**Assignment**: From the first line of the entries below, reproduce everything exactly through the line with "pub use changes::loading::load_changes_slice;", and nothing more.

**Exercise inputs**:
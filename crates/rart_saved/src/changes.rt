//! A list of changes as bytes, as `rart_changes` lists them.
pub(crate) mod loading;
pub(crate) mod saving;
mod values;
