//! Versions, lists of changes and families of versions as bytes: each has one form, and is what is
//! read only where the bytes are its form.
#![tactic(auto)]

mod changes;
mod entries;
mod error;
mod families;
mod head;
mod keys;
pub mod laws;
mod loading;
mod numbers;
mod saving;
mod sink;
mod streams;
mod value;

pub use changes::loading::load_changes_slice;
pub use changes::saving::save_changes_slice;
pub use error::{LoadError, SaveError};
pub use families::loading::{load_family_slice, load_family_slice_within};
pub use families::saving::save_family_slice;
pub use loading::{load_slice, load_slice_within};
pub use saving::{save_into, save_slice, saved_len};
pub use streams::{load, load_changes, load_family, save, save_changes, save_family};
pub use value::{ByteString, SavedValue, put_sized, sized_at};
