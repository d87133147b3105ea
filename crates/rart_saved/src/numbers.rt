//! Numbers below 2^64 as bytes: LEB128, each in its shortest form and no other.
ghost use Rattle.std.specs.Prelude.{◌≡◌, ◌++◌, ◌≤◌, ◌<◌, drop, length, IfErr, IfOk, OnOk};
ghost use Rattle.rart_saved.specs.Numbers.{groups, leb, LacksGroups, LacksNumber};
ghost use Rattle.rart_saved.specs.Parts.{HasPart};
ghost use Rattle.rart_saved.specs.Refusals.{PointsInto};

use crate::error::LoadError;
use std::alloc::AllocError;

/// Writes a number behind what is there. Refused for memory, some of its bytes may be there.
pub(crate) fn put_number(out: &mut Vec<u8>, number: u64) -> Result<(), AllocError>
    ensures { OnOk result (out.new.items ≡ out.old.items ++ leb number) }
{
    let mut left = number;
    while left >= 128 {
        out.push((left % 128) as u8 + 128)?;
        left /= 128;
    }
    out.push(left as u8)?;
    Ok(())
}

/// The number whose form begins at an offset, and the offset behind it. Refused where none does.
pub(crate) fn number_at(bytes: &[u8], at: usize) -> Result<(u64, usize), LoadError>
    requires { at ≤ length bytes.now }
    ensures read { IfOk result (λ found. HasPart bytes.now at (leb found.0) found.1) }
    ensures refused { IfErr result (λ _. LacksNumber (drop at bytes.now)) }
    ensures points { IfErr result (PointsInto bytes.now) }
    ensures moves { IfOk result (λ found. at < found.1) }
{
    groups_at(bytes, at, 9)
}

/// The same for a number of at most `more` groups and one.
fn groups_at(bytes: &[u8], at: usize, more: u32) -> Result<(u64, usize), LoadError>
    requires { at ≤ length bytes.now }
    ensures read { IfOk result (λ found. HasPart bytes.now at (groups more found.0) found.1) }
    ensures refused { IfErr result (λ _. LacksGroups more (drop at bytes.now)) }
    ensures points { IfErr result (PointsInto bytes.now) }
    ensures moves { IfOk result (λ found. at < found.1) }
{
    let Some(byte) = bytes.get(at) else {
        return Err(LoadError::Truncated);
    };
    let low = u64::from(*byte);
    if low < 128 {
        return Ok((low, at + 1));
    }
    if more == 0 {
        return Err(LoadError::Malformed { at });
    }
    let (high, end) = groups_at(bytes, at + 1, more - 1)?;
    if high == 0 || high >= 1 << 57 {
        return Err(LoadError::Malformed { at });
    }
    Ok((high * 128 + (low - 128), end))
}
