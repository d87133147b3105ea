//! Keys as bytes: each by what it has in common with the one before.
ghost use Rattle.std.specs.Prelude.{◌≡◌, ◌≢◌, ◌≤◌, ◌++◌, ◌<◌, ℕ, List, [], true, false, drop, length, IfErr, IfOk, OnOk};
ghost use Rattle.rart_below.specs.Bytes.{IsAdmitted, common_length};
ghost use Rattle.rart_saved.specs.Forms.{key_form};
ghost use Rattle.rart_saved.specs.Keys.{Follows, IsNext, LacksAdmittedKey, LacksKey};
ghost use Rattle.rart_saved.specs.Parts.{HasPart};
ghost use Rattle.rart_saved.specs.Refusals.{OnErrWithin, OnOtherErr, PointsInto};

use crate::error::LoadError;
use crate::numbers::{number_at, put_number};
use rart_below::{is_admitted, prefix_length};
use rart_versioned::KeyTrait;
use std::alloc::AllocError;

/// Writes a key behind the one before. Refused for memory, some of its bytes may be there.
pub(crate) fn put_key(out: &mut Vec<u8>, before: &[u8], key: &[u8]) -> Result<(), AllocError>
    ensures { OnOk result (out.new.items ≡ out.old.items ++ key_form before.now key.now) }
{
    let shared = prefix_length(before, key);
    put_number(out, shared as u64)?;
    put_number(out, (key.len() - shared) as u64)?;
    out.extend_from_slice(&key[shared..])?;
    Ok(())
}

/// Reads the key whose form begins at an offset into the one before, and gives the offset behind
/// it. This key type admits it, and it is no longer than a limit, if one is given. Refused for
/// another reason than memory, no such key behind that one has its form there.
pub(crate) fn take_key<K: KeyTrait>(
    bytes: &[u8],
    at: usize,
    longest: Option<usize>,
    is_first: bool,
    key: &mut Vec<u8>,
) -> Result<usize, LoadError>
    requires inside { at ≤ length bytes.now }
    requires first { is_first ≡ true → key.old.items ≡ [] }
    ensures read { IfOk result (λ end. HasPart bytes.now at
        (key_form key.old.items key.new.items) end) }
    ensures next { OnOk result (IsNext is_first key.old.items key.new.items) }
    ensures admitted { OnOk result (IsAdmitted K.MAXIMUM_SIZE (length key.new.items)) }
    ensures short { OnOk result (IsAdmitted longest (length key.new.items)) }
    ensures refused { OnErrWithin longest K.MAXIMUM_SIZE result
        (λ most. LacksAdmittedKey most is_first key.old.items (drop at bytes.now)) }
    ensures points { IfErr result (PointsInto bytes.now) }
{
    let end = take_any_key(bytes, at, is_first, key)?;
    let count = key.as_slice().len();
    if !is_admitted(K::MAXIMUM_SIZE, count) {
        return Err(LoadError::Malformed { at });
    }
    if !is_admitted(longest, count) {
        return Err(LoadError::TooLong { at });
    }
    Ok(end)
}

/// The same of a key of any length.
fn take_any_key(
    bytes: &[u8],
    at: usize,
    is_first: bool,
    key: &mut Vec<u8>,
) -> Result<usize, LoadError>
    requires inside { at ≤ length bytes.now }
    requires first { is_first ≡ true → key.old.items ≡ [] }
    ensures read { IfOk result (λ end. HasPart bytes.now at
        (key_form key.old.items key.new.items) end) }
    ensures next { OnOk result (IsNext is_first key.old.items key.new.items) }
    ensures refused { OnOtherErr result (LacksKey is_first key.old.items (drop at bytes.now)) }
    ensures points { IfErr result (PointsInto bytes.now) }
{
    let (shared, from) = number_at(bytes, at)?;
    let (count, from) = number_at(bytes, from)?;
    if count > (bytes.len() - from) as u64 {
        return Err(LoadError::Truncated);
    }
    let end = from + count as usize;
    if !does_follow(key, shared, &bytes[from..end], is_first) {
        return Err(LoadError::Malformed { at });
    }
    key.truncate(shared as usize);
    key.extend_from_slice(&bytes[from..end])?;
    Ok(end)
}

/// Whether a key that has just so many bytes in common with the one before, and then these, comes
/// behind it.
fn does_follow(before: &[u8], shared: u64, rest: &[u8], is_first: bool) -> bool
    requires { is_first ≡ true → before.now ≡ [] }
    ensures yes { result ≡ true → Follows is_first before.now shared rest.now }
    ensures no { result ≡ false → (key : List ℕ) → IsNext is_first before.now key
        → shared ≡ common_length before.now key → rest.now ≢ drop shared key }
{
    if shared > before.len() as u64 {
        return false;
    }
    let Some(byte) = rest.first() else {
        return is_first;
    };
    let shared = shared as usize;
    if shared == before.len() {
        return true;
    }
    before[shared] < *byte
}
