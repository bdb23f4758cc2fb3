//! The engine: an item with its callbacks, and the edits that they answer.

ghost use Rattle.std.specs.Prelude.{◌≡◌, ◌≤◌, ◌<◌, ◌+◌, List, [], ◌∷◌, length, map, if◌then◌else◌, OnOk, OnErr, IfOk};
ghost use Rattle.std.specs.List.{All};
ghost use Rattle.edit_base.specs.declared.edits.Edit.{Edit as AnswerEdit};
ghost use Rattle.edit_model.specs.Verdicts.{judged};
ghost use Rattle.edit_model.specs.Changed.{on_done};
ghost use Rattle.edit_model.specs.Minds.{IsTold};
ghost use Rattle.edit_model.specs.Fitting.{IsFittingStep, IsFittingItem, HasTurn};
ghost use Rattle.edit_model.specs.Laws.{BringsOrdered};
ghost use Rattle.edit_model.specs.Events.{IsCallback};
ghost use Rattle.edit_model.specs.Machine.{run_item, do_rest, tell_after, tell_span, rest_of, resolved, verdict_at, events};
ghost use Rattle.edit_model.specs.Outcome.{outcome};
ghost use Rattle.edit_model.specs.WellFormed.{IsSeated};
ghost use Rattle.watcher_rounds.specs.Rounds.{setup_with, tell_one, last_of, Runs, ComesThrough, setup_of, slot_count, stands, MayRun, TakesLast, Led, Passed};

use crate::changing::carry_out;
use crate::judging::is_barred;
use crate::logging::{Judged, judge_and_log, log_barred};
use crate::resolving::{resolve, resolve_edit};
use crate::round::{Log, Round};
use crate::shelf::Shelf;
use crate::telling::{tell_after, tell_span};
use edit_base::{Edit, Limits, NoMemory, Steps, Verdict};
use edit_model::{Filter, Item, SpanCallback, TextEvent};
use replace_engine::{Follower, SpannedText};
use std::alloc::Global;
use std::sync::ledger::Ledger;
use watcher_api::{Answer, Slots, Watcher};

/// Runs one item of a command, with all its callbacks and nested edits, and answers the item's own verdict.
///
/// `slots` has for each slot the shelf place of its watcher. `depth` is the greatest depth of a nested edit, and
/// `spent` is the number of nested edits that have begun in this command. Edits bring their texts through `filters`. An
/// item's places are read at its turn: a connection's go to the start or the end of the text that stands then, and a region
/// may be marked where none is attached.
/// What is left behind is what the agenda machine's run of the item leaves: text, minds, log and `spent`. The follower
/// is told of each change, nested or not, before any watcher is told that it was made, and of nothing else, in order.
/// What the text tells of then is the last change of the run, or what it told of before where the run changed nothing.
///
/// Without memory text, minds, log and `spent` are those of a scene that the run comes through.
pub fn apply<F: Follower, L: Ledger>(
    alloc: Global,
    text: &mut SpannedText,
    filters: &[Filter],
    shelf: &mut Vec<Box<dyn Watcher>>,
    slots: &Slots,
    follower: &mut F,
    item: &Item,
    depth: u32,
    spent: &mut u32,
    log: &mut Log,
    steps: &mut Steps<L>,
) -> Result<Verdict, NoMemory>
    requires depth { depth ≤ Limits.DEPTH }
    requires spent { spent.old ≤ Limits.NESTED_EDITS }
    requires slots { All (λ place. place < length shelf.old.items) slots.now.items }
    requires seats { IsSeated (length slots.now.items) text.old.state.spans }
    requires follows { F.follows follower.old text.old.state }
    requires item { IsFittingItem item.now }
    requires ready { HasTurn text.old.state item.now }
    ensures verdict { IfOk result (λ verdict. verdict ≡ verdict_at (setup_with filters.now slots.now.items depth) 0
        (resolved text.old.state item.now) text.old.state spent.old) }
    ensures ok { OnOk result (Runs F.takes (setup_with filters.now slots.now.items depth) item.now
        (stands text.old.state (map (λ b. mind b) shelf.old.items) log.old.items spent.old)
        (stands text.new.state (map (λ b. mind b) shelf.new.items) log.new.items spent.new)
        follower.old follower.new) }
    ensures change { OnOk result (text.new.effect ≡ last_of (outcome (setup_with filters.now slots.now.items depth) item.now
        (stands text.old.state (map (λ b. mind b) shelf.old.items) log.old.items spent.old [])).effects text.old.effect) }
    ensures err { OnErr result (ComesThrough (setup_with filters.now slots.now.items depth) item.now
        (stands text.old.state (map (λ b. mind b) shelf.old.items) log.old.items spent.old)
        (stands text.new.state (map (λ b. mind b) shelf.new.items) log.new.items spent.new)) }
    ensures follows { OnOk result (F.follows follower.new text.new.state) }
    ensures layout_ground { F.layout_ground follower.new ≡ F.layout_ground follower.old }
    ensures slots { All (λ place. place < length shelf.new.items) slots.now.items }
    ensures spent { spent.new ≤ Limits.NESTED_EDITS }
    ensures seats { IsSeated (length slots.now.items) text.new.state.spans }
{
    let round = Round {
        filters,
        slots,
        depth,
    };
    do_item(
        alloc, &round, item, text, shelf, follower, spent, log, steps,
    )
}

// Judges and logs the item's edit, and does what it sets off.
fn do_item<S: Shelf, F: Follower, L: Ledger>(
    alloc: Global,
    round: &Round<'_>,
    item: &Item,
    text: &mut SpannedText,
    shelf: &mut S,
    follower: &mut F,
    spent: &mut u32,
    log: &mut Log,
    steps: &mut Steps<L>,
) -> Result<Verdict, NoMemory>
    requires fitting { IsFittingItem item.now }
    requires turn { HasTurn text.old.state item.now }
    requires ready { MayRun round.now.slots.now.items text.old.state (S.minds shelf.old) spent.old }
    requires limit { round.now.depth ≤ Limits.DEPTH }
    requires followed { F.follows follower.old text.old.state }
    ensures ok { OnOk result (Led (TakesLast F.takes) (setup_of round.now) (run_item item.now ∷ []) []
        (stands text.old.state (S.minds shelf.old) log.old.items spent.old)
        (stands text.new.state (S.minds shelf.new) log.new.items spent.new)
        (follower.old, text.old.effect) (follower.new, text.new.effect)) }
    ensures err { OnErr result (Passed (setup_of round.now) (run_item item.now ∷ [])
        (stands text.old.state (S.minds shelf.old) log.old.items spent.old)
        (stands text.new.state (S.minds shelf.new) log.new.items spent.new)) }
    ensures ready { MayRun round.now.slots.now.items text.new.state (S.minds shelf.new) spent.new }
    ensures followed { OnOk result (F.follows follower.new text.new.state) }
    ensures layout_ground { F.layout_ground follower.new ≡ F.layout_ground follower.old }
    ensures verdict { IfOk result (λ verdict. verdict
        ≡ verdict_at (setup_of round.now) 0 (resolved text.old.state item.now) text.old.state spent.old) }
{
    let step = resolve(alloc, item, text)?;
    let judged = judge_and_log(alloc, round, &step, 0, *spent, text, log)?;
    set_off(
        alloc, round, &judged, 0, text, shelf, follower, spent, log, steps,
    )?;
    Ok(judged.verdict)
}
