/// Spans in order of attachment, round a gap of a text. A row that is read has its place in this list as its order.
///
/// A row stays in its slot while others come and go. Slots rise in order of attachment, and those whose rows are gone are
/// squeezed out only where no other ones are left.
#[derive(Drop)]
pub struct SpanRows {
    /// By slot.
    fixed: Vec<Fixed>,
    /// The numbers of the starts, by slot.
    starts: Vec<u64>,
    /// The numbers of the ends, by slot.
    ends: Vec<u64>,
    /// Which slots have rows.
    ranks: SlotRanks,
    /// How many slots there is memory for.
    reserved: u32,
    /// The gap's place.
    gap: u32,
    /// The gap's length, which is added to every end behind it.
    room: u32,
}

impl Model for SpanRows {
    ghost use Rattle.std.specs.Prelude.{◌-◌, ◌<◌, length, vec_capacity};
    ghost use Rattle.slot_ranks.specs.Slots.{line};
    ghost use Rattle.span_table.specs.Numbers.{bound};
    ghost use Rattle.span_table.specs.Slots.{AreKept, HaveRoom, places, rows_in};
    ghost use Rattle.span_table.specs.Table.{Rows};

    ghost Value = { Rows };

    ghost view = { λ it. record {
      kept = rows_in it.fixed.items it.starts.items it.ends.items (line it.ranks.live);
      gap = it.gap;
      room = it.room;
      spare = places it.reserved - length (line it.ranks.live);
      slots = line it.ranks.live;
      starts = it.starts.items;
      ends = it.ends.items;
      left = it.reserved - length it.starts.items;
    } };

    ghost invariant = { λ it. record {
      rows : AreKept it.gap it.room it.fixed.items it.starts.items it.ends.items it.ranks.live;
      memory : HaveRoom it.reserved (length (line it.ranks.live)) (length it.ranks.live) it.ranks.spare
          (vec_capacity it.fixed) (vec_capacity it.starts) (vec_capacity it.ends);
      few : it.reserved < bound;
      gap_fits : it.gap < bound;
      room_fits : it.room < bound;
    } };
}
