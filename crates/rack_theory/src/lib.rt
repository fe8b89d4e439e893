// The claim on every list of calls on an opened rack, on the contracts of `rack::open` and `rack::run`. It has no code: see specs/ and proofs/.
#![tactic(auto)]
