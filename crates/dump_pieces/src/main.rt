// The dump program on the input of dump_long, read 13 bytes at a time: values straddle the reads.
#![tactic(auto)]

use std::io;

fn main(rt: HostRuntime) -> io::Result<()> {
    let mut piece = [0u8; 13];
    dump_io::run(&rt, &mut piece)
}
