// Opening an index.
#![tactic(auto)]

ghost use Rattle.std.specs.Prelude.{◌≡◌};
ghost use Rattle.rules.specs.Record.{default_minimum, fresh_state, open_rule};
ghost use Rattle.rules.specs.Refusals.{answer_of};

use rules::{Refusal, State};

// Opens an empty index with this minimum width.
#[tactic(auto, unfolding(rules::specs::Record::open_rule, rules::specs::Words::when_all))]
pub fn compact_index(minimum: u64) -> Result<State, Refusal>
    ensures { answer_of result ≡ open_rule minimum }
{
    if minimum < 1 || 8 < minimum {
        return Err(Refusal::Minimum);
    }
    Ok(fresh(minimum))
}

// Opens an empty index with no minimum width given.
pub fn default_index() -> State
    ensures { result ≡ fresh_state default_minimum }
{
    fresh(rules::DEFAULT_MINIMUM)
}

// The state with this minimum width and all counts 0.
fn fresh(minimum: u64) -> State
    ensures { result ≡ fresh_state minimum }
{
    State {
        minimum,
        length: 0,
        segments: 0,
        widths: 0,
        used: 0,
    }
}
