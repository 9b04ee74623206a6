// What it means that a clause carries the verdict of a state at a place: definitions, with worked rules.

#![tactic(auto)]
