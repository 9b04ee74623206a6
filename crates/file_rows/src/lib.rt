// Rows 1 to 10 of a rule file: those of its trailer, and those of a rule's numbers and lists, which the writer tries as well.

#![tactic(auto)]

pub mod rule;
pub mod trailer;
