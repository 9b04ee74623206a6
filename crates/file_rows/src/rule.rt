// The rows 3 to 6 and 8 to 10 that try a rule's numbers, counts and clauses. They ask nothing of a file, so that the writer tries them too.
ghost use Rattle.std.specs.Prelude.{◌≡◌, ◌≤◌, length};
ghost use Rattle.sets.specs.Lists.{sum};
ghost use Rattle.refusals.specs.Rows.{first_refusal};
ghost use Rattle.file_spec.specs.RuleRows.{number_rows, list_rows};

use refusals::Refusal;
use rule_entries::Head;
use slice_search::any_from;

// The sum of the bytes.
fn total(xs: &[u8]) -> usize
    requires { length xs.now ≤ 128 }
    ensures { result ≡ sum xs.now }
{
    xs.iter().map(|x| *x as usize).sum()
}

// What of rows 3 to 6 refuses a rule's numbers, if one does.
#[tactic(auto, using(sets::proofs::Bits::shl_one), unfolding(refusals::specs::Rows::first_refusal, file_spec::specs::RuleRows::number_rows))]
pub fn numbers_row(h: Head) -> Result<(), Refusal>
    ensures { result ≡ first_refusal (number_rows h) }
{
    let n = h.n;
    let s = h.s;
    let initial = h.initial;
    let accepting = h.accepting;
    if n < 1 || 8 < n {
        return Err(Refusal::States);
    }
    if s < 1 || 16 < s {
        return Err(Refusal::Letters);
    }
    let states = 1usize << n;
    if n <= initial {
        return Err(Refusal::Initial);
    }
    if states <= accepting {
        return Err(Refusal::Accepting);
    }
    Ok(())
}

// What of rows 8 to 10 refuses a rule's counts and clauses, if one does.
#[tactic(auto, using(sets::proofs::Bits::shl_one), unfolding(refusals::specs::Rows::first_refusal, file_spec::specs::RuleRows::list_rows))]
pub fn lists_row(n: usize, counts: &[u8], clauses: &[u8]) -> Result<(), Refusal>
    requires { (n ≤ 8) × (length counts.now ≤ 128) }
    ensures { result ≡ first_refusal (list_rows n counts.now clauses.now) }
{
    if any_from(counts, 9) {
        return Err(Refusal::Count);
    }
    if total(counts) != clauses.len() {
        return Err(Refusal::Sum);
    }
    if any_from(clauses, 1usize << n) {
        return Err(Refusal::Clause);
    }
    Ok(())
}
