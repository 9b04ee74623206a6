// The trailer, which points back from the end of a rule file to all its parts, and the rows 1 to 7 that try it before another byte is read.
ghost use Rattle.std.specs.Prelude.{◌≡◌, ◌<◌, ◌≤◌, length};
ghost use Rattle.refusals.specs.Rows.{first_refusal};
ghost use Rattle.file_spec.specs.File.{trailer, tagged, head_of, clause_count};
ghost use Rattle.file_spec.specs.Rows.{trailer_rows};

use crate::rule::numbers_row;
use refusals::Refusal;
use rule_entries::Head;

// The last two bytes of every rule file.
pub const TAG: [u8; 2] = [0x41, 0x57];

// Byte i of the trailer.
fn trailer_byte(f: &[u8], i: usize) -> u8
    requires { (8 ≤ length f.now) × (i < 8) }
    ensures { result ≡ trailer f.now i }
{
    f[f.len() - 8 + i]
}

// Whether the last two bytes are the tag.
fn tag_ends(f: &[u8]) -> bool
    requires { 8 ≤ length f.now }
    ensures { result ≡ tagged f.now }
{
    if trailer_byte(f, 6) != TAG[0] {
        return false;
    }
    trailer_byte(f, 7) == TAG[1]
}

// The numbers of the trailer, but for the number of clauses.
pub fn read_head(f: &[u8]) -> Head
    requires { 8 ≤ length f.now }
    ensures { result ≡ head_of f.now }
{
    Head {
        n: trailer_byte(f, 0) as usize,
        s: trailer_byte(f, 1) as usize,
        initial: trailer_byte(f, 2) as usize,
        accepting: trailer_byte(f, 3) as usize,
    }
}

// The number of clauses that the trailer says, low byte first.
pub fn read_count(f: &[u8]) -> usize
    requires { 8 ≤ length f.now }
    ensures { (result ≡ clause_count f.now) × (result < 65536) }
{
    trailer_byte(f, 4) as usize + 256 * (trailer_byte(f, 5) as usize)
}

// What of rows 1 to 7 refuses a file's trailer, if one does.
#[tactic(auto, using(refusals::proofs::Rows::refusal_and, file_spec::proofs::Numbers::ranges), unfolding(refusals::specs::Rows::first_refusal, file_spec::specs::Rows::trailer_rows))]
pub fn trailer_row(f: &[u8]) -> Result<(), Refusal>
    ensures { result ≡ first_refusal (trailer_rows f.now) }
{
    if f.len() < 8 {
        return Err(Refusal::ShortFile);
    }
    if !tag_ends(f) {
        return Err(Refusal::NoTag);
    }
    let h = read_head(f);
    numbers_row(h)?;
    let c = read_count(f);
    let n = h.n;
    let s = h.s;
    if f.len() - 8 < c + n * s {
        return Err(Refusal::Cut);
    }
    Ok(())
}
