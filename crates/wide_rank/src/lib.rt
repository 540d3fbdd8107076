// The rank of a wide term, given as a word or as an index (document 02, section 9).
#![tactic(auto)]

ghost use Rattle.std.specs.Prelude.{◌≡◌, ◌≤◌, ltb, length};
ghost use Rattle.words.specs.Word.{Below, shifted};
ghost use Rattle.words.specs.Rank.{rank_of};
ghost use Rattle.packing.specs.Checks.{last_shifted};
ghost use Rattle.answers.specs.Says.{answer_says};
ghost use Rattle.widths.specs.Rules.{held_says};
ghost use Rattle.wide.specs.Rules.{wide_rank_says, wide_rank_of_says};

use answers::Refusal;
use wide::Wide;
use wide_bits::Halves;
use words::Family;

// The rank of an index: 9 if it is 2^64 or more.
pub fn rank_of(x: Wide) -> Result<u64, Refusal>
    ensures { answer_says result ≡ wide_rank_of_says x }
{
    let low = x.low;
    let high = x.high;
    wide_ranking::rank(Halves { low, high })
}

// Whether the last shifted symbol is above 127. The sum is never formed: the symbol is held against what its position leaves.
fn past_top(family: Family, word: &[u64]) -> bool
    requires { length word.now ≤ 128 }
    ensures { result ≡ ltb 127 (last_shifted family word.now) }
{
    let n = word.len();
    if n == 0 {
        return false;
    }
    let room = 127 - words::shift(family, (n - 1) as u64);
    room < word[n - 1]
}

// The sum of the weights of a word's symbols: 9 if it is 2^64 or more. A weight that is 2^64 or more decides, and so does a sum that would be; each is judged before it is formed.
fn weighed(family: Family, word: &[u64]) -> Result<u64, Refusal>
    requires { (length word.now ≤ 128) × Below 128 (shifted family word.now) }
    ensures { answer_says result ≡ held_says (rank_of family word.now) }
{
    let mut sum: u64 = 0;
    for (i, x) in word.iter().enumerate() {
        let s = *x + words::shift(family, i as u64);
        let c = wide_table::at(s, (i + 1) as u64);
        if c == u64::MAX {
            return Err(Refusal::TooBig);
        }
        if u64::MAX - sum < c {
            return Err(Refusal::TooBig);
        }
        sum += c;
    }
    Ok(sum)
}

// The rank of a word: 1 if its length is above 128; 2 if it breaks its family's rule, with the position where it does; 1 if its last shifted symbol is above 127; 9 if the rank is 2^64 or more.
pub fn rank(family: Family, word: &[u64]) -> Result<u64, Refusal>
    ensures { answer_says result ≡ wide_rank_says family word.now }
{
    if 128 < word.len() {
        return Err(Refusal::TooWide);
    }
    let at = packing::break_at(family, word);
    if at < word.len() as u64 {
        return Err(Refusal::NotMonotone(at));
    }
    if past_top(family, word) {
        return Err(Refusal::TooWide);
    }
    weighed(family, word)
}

**Response to this task**:
filename crates/rart_saved/src/changes.rt
//! A list of changes as bytes, as `rart_changes` lists them.
pub(crate) mod loading;
pub(crate) mod saving;
mod values;
//! Versions, lists of changes and families of versions as bytes: each has one form, and is what is
//! read only where the bytes are its form.
#![tactic(auto)]

mod changes;
mod entries;
mod error;
mod families;
mod head;
mod keys;
pub mod laws;
mod loading;
mod numbers;
mod saving;
mod sink;
mod streams;
mod value;

pub use changes::loading::load_changes_slice;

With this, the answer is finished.